Good statistical practice is an essential component of good scientific practice, the statement
observes, and such practice “emphasizes principles of good study design and conduct, a variety
of numerical and graphical summaries of data, understanding of the phenomenon under study,
interpretation of results in context, complete reporting and proper logical and quantitative
understanding of what data summaries mean.”
“The p-value was never intended to be a substitute for scientific reasoning,” said Ron
Wasserstein, the ASA’s executive director. “Well-reasoned statistical arguments contain much
more than the value of a single number and whether that number exceeds an arbitrary
threshold. The ASA statement is intended to steer research into a ‘post p<0.05 era.’”
“Over time it appears the p-value has become a gatekeeper for whether work is publishable, at
least in some fields,” said Jessica Utts, ASA president. “This apparent editorial bias leads to the
‘file-drawer effect,’ in which research with statistically significant outcomes are much more
likely to get published, while other work that might well be just as important scientifically is
never seen in print. It also leads to practices called by such names as ‘p-hacking’ and ‘data
dredging’ that emphasize the search for small p-values over other statistical and scientific
reasoning.”
The statement’s six principles, many of which address misconceptions and misuse of the pvalue,
are the following:
1. P-values can indicate how incompatible the data are with a specified statistical model.

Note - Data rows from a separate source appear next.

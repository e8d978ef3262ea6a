ghost use Rattle.std.specs.Prelude.{◌≡◌, IfOk, List, map};
ghost use Rattle.std.specs.List.{flat_map};
ghost use Rattle.plc_base.specs.declared.refusals.Refusal.{Refusal};
ghost use Rattle.plc_base.specs.Least.{least};
ghost use Rattle.block_layout.specs.Facts.{AreFacts};
ghost use Rattle.block_layout.specs.Rule21.{rule_21};
ghost use Rattle.block_layout.specs.Rule56.{rule_56};
ghost use Rattle.block_layout.specs.Table.{refusals_of_blocks};

use crate::blocks::BlockLayout;
use crate::building::Facts;
use crate::rules::rule_22::least_block_twice;
use crate::rules::rule_23::least_unknown;
use crate::rules::rule_41::least_unfit;
use crate::rules::rule_42::least_outside;
use crate::rules::rule_43::least_in_itself;
use crate::rules::rule_44::least_wrong_number;
use crate::rules::rule_50::least_too_much_local;
use crate::rules::rule_51::least_too_long;
use crate::rules::rule_52::least_too_many_parameters;
use crate::rules::rule_53::least_data_block_too_many;
use crate::rules::rule_54::least_exceeding;
use crate::rules::rule_55::least_too_many_statements;
use crate::types::Types;
use plc_base::{Refusal, least_of};
use std::alloc::{AllocError, Global};
use stl_ast::Block;

/// The least of what some rules find.
fn least_among(found: &[Option<Refusal>]) -> Option<Refusal>
    ensures { (rules : List (List Refusal)) → found.now ≡ map least rules
        → result ≡ least (flat_map (λ r. r) rules) }
{
    least_of(found, |one: &Option<Refusal>| *one)
}

/// The least refusal by the rules that are checked with the layout, where those by rules 21 and 56
/// were found with the declarations.
pub(crate) fn least_refusal(
    alloc: Global,
    types: &Types,
    layouts: &[BlockLayout],
    blocks: &[Block],
    facts: &Facts,
    twice: Option<Refusal>,
    deep: Option<Refusal>,
) -> Result<Option<Refusal>, AllocError>
    requires facts { AreFacts types.now blocks.now facts.now }
    requires twice { twice ≡ least (rule_21 blocks.now) }
    requires deep { deep ≡ least (rule_56 types.now blocks.now) }
    ensures { IfOk result
        (λ r. r ≡ least (refusals_of_blocks types.now layouts.now blocks.now)) }
{
    let unfit = least_unfit(alloc, types, layouts, blocks)?;
    let outside = least_outside(alloc, types, layouts, blocks)?;
    Ok(least_among(&[
        twice,
        least_block_twice(types, blocks),
        least_unknown(types, blocks),
        unfit,
        outside,
        least_in_itself(&facts.in_itself, blocks),
        least_wrong_number(types.symbols, blocks),
        least_too_much_local(&facts.local_lens, blocks),
        least_too_long(&facts.lengths, blocks),
        least_too_many_parameters(blocks),
        least_data_block_too_many(blocks),
        least_exceeding(&facts.lengths, blocks),
        least_too_many_statements(blocks),
        deep,
    ]))
}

2. P-values do not measure the probability that the studied hypothesis is true, or the
probability that the data were produced by random chance alone.
3. Scientific conclusions and business or policy decisions should not be based only on
whether a p-value passes a specific threshold.
4. Proper inference requires full reporting and transparency.
5. A p-value, or statistical significance, does not measure the size of an effect or the
importance of a result.
6. By itself, a p-value does not provide a good measure of evidence regarding a model or
hypothesis.
The statement has short paragraphs elaborating on each principle.
In light of misuses of and misconceptions concerning p-values, the statement notes that
statisticians often supplement or even replace p-values with other approaches. These include
methods “that emphasize estimation over testing such as confidence, credibility, or prediction
intervals; Bayesian methods; alternative measures of evidence such as likelihood ratios or
Bayes factors; and other approaches such as decision-theoretic modeling and false discovery
rates.”
“The contents of the ASA statement and the reasoning behind it are not new—statisticians and
other scientists have been writing on the topic for decades,” Utts said. “But this is the first time
that the community of statisticians, as represented by the ASA Board of Directors, has issued a
statement to address these issues.”
“The issues involved in statistical inference are difficult because inference itself is challenging,”
Wasserstein said. He noted that more than a dozen discussion papers are being published in
the ASA journal The American Statistician with the statement to provide more perspective on
this broad and complex topic. “What we hope will follow is a broad discussion across the
scientific community that leads to a more nuanced approach to interpreting, communicating,
and using the results of statistical methods in research.”